### WHAT NEEDS TO BE DONE
In the records that come next, find every line with "Copy". Return those lines.

Stored data:
++++++++++

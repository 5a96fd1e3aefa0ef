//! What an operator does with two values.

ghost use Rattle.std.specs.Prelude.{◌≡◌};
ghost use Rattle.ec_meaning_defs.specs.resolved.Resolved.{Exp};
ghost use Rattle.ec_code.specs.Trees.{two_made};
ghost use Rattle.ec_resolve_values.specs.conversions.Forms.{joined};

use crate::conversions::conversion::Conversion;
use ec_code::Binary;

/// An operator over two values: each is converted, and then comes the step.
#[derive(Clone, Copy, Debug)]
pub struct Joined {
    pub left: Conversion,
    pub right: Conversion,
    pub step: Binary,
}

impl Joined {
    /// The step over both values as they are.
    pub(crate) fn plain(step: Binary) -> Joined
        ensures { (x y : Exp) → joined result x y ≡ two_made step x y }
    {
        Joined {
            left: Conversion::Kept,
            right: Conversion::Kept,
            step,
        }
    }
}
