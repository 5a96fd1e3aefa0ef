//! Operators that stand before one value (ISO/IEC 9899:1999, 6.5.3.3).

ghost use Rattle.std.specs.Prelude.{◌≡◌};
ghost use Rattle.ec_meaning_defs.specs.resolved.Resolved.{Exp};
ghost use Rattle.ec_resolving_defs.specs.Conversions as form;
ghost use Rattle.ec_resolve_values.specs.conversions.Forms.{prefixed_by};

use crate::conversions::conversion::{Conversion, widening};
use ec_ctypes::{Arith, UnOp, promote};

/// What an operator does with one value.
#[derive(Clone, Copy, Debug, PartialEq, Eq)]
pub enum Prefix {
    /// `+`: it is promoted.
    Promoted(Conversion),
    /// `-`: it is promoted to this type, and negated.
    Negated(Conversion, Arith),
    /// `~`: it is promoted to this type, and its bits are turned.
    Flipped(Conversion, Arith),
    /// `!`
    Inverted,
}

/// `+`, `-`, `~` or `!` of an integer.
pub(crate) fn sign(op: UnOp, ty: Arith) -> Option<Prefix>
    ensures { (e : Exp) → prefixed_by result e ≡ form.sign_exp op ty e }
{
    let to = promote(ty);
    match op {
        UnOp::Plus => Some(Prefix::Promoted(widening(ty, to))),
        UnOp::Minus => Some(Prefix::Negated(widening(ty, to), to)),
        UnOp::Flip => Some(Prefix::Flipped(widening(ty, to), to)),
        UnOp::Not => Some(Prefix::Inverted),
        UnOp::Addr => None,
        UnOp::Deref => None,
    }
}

++++++++++

### FINISHED EXERCISE
#[derive(Clone, Copy, Debug)]
#[derive(Clone, Copy, Debug, PartialEq, Eq)]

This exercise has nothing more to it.